Krstic told the NIN weekly that the deal would be a precautionary stand-by arrangement and added that drawing IMF money is not envisioned.
He said that public debt reduction will be one of the goals of the new government, making major budget cuts a necessity.
In view of the high level of public debt and its growth rate over the past five years, one of the goals of the new government will be to stabilise the debt and reverse the trajectory it has had thus far.
This makes major budget cuts a necessity in order to reduce the deficit to two or three percent of the GDP, but the talks with the IMF focus much more on structural reforms and the plan for fighting the gray economy, Krstic said.
Budget cuts must be accompanied by a set of new reform laws as well as reforms of the state administration, the health care and education systems and the local self-government authorities, while the process of restructuring state-owned enterprises must be completed, Krstic said.
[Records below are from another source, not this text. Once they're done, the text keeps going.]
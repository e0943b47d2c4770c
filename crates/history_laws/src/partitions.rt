ghost use Rattle.std.specs.Prelude.{ℕ, ◌≡◌, ◌≢◌, ◌<◌, ◌↔◌, List, None, Some, Ok, true};
ghost use Rattle.batch_ids.specs.declared.status.BatchStatus.TheVariants.{Started};
ghost use Rattle.jsl_model.specs.Catalogues.{AreJobs};
ghost use Rattle.batch_history.specs.declared.query.Answer.TheVariants.{StepExecutions as AreStepExecutions};
ghost use Rattle.batch_history.specs.declared.query.Query.TheVariants.{StepExecutions};
ghost use Rattle.batch_history.specs.declared.query.StepExecution.{StepExecution};
ghost use Rattle.batch_history.specs.declared.rows.ExecutionRow.{ExecutionRow};
ghost use Rattle.batch_history.specs.Answers.{answer};
ghost use Rattle.batch_history.specs.Legal.{IsLegal};
ghost use Rattle.batch_history.specs.Rows.{History};
ghost use Rattle.batch_history.specs.Walks.{job_named};
ghost use Rattle.history_laws.specs.Laws.{row_in, works_of_instance_in};
ghost use Rattle.history_laws.specs.Partitions.{works_of_step_in, is_kept_in, is_done_in, all_kept_in, IsKept, IsDone};
ghost use Rattle.history_laws.specs.StepExecutions.{step_in, IsPartitioned, StepEnds, AreStepsOf, IsThrough, HasResult};

/// A job execution keeps a partition of a step exactly under two conditions (Jakarta Batch 2.1,
/// "Step Partitioning" and "Job Restart Processing"):
///
/// - The newest work item of the partition in earlier job executions of its job instance is
///   COMPLETED.
/// - No job execution from that of the work item up to this one is done with the step.
///
/// A job execution is done with a step exactly if it has a work item of the step, and each
/// partition is kept by it or has a COMPLETED work item in it. The plan of a job execution has
/// exactly these kept partitions.
///
/// The function does nothing: its contract is the law, of every legal history.
pub fn partitions_are_kept_until_a_job_execution_is_done()
    ensures kept { (limit : ℕ) (h : History) → IsLegal limit h → (i n x p : ℕ) (step : List ℕ)
        → (is_kept_in n (works_of_step_in h i step) x p ≡ true)
        ↔ IsKept n (works_of_step_in h i step) x p }
    ensures done { (limit : ℕ) (h : History) → IsLegal limit h → (i n y : ℕ) (step : List ℕ)
        → (is_done_in n (works_of_step_in h i step) y ≡ true)
        ↔ IsDone n (works_of_step_in h i step) y }
    ensures plan { (h : History) (x : ℕ) (row : ExecutionRow) → row_in h x ≡ Some row
        → row.plan.kept
        ≡ all_kept_in (works_of_instance_in h row.instance) x (job_named h.catalogue row.job) }
{}

/// The step execution of a partitioned step has no end while it is STARTED. Its end is the moment
/// of the first operation after which it is not STARTED (Jakarta Batch 2.1, "StepExecution"). These
/// step executions are the answer of the query.
///
/// The function does nothing: its contract is the law, of every legal history over the jobs of a
/// catalogue.
pub fn partitioned_steps_end_once_they_are_not_started()
    ensures started { (limit : ℕ) (h : History) → IsLegal limit h → AreJobs h.catalogue
        → (x n : ℕ) (step : List ℕ) → IsPartitioned h x step n → (shown : StepExecution)
        → step_in h x step ≡ Some shown → shown.status ≡ Started → shown.end ≡ None }
    ensures ended { (limit : ℕ) (h : History) → IsLegal limit h → AreJobs h.catalogue
        → (x n : ℕ) (step : List ℕ) → IsPartitioned h x step n → (shown : StepExecution)
        → step_in h x step ≡ Some shown → shown.status ≢ Started → StepEnds h x step shown.end }
    ensures answered { (limit : ℕ) (h : History) → IsLegal limit h
        → (x : ℕ) (steps : List StepExecution)
        → answer h (StepExecutions x) ≡ Ok (AreStepExecutions steps) → AreStepsOf h x steps }
{}

/// If each partition of a partitioned step is kept or over, the step has the outcome that the job
/// execution's walk gives it. Its step execution has the outcome's status, and the outcome's name
/// as the exit status (Jakarta Batch 2.1, "Step Partitioning").
///
/// The function does nothing: its contract is the law, of every legal history over the jobs of a
/// catalogue.
pub fn partitioned_steps_have_the_outcome_of_the_walk()
    ensures { (limit : ℕ) (h : History) → IsLegal limit h → AreJobs h.catalogue
        → (x n : ℕ) (step : List ℕ) → (of : IsPartitioned h x step n) → (shown : StepExecution)
        → step_in h x step ≡ Some shown → ((p : ℕ) → p < n → IsThrough h of.owner step p)
        → HasResult h of.owner step n shown }
{}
Asked whether the IMF has suggested salary and pension cuts that would save €400 million in 2014 and whether it would be possible to save that amount of money without the measure, Krstic said that there has been no explicit insistence on specific measures because it was unrealistic to have a caretaker government voice its opinion on the matter.
The basic causes of the fiscal burden are the wage bill in the bloated public sector, the costs of budget transfers to the pension and disability fund due to high unemployment, and high interest rates on loans used to finance the deficit over the past years, Krstic said.
In addition to the set of reform laws, the new Serbian government will also present a National Priority Plan, which will define the ways the state will encourage job creation and directing foreign and domestic investments into the regions hardest hit by the restructuring, Krstic also announced.